1 of 1 people found the following review helpful By C. O. DeRiemer HALL OF FAMETOP 1000 REVIEWER on 29 May 2008
Format: DVD
This turkey is reasonably well roasted, and even features some side dishes that are interesting to learn more about. The ending of The Limping Man, however, is so arbitrary and dishonest it makes clear how little regard for the audience, or for the integrity of their own movie, the producers must have had.

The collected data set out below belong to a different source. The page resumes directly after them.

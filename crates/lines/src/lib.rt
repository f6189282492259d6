// The lines that the script runner prints, one for each answer: whatever the lent text was, it is the line after. What
// is ready goes behind the line that stands. Nothing here reads a session.
#![tactic(auto, using(crate::proofs::Laws::says, crate::proofs::Laws::written, crate::proofs::Laws::of_length, text::proofs::Decimals::decimal_20), unfolding(crate::proofs::Laws::lines))]

ghost use Rattle.std.specs.Prelude.{◌≤◌, ◌*◌, ◌≡◌, length};
ghost use Rattle.peer.specs.Seats.{seats};
ghost use Rattle.text.specs.Text.{put};
ghost use Rattle.text.specs.Decimal.{decimal};
ghost use Rattle.lines.specs.Lines.{Says, numbered, flag_text, outcome_text, ended_line, open_line};
ghost use Rattle.lines.specs.Lines.{submit_line, deliver_line, field_text, field_texts};
ghost use Rattle.lines.specs.Lines.{step_line, stalled_line, advance_line, commit_line, leave_line};
ghost use Rattle.lines.specs.Lines.{report_line, body_text, send_line, ready_line, bad_line, none_line, cut_line};

use deliver::Delivery;
use desync::{DesyncReport, ReportError};
use logic::Numbered;
use params::{BadState, ParamsError};
use pump::Outbound;
use rows::Rows;
use session::{Advance, CommitError, Outcome, Step, SubmitError};
use text::Text;
use wire::Body;

// A word, with its blanks, and a number.
fn worded(out: &mut Text, word: &[u8], n: u64)
    ensures { out.new ≡ put (put out.old word.now) (decimal n) }
{
    out.piece(word);
    out.decimal(n);
}

// The line of a name and a number.
fn numbered(out: &mut Text, name: &[u8], n: u8)
    requires { length name.now ≤ 16 }
    ensures { Says (numbered name.now n) out.new }
{
    out.clear();
    worded(out, name, u64::from(n));
    out.byte(b'\n');
}

// A line of one word.
fn word_line(out: &mut Text, line: &[u8])
    requires { length line.now ≤ 16 }
    ensures { Says line.now out.new }
{
    out.clear();
    out.piece(line);
}

pub fn flag(out: &mut Text, on: bool)
    ensures { out.new ≡ put out.old (flag_text on) }
{
    if on {
        out.byte(b'1');
    } else {
        out.byte(b'0');
    }
}

// Why, seat and tick.
pub fn outcome(out: &mut Text, o: Outcome)
    ensures writes { out.new ≡ put out.old (outcome_text o) }
    ensures within { length (outcome_text o) ≤ 64 }
{
    match o {
        Outcome::Desynced { tick } => worded(out, b"1 - ", tick),
        Outcome::PeerLeft { peer, tick } => {
            worded(out, b"2 ", u64::from(peer));
            worded(out, b" ", tick);
        }
        Outcome::LeftLocally { tick } => worded(out, b"3 - ", tick),
    }
}

fn ended(out: &mut Text, o: Outcome)
    ensures { Says (ended_line o) out.new }
{
    out.clear();
    out.piece(b"ended ");
    outcome(out, o);
    out.byte(b'\n');
}

pub fn open_line(out: &mut Text, answer: Result<(), ParamsError>)
    ensures { Says (open_line answer) out.new }
{
    numbered(out, b"open ", answer.number());
}

// The number and, of an accepted press, the tick.
pub fn submit_line(out: &mut Text, answer: Result<u64, SubmitError>)
    ensures { Says (submit_line answer) out.new }
{
    out.clear();
    worded(out, b"submit ", u64::from(answer.number()));
    if let Ok(at) = answer {
        worded(out, b" ", at);
    }
    out.byte(b'\n');
}

pub fn deliver_line(out: &mut Text, answer: Delivery)
    ensures { Says (deliver_line answer) out.new }
{
    numbered(out, b"deliver ", answer.number());
}

pub fn commit_line(out: &mut Text, answer: Result<(), CommitError>)
    ensures { Says (commit_line answer) out.new }
{
    numbered(out, b"commit ", answer.number());
}

pub fn leave_line(out: &mut Text, answer: Result<Outcome, BadState>)
    ensures { Says (leave_line answer) out.new }
{
    match answer {
        Ok(o) => ended(out, o),
        Err(bad) => numbered(out, b"leave ", bad.number()),
    }
}

pub fn bad_line(out: &mut Text)
    ensures { Says bad_line out.new }
{
    word_line(out, b"bad\n");
}

pub fn none_line(out: &mut Text)
    ensures { Says none_line out.new }
{
    word_line(out, b"none\n");
}

pub fn cut_line(out: &mut Text)
    ensures { Says cut_line out.new }
{
    word_line(out, b"cut\n");
}

// The text of a report, or why there is none.
pub fn report_line(out: &mut Text, answer: Result<DesyncReport, ReportError>)
    ensures { Says (report_line answer) out.new }
{
    match answer {
        Ok(report) => {
            report.json(out);
            out.byte(b'\n');
        }
        Err(why) => numbered(out, b"report ", why.number()),
    }
}

// Kind, tick and count.
fn body(out: &mut Text, body: Body)
    ensures writes { out.new ≡ put out.old (body_text body) }
    ensures within { length (body_text body) ≤ 64 }
{
    match body {
        Body::Hello(_) => out.piece(b"3 0 0"),
        Body::Inputs(b) => {
            worded(out, b"4 ", b.first);
            worded(out, b" ", u64::from(b.count));
        }
        Body::Digest(b) => {
            worded(out, b"5 ", b.tick);
            out.piece(b" 0");
        }
        Body::Bye(b) => {
            worded(out, b"6 ", b.tick);
            out.piece(b" 0");
        }
        Body::Other(_) => out.piece(b"7 0 0"),
    }
}

pub fn send_line(out: &mut Text, answer: Outbound)
    ensures says { Says (send_line answer) out.new }
    ensures within { length (send_line answer) ≤ 100 }
{
    match answer {
        Outbound::Send { peer, message } => {
            out.clear();
            worded(out, b"send ", u64::from(peer));
            out.byte(b' ');
            body(out, message.body);
            out.byte(b'\n');
        }
        Outbound::Nothing => numbered(out, b"send ", 71),
        Outbound::BadState => numbered(out, b"send ", 20),
    }
}

// The first width bytes of a seat's row.
fn field(out: &mut Text, row: &[u8; 16], width: u8)
    ensures writes { out.new ≡ put out.old (field_text width row.now) }
    ensures within { length (field_text width row.now) ≤ 33 }
{
    out.byte(b' ');
    out.hex_bytes(&row[..usize::from(width).min(16)]);
}

// Whether a digest is due, and the fields.
fn fields(out: &mut Text, step: Step, rows: Rows)
    ensures writes { out.new
        ≡ put (put out.old (flag_text step.due)) (field_texts step.count step.width rows) }
    ensures within { length (field_texts step.count step.width rows) ≤ 33 * seats }
{
    flag(out, step.due);
    for row in &rows[..usize::from(step.count).min(rows::ROWS)] {
        field(out, row, step.width);
    }
}

fn step_line(out: &mut Text, step: Step, rows: Rows)
    ensures { Says (step_line step rows) out.new }
{
    out.clear();
    worded(out, b"step ", step.tick);
    out.byte(b' ');
    fields(out, step, rows);
    out.byte(b'\n');
}

fn stalled_line(out: &mut Text, tick: u64, waiting: peer::Bits, pumps: u64)
    ensures { Says (stalled_line tick waiting pumps) out.new }
{
    out.clear();
    worded(out, b"stalled ", tick);
    worded(out, b" ", u64::from(waiting));
    worded(out, b" ", pumps);
    out.byte(b'\n');
}

pub fn advance_line(out: &mut Text, answer: Advance, rows: Rows)
    ensures { Says (advance_line answer rows) out.new }
{
    match answer {
        Advance::Step(step) => step_line(out, step, rows),
        Advance::Waiting => word_line(out, b"waiting\n"),
        Advance::Stalled {
            tick,
            waiting,
            pumps,
        } => stalled_line(out, tick, waiting, pumps),
        Advance::Ended(o) => ended(out, o),
        Advance::BadState => numbered(out, b"advance ", 20),
    }
}

// How many ticks are ready, behind the line that stands: `none` where there is no session to ask.
pub fn ready_line(out: &mut Text, answer: Result<u64, BadState>)
    ensures writes { out.new ≡ put out.old (ready_line answer) }
    ensures within { length (ready_line answer) ≤ 27 }
{
    match answer {
        Ok(n) => {
            worded(out, b"ready ", n);
            out.byte(b'\n');
        }
        Err(_) => out.piece(b"ready none\n"),
    }
}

World War II vet Frank Pryor (Lloyd Bridges) returns to London from America after six years to look up an old flame, Pauline French (Moira Lister), now a successful actress. As he and the other passengers deplane and walk across to the terminal, Frank pauses for a moment and asks the man beside him for a light. There's a gunshot and the man crumples to the ground, shot by a marksman with a high-powered rifle, an assassin with a limp. The dead man was named Kendall Brown. With Inspector Braddock (Alan Wheatley) and Detective Cameron (Leslie Phillips) on the case, it's clear that Pryor is as mystified as everyone else. After Pryor leaves the police to find Pauline, Wheatley and Cameron visit Brown's lodgings...and find a photo of a good-looking young woman. Yes, the photo is of Pauline French. It's not long before Frank Pryor is up to his neck in murderous intrigue. The mix includes blackmail, smuggling, magic acts, gritty Thames-side docks, backstage theater doings, a pouting French singer and, Frank discovers, some indiscretions in Pauline's past. The plot, under Cy Endfield's direction, keeps moving briskly ahead. The photography is nifty, with lots of nighttime eeriness, shadowy theater cellars and fear-filled eyes highlighted in the gloom.

But the movie reeks of class-conscious accents and acting.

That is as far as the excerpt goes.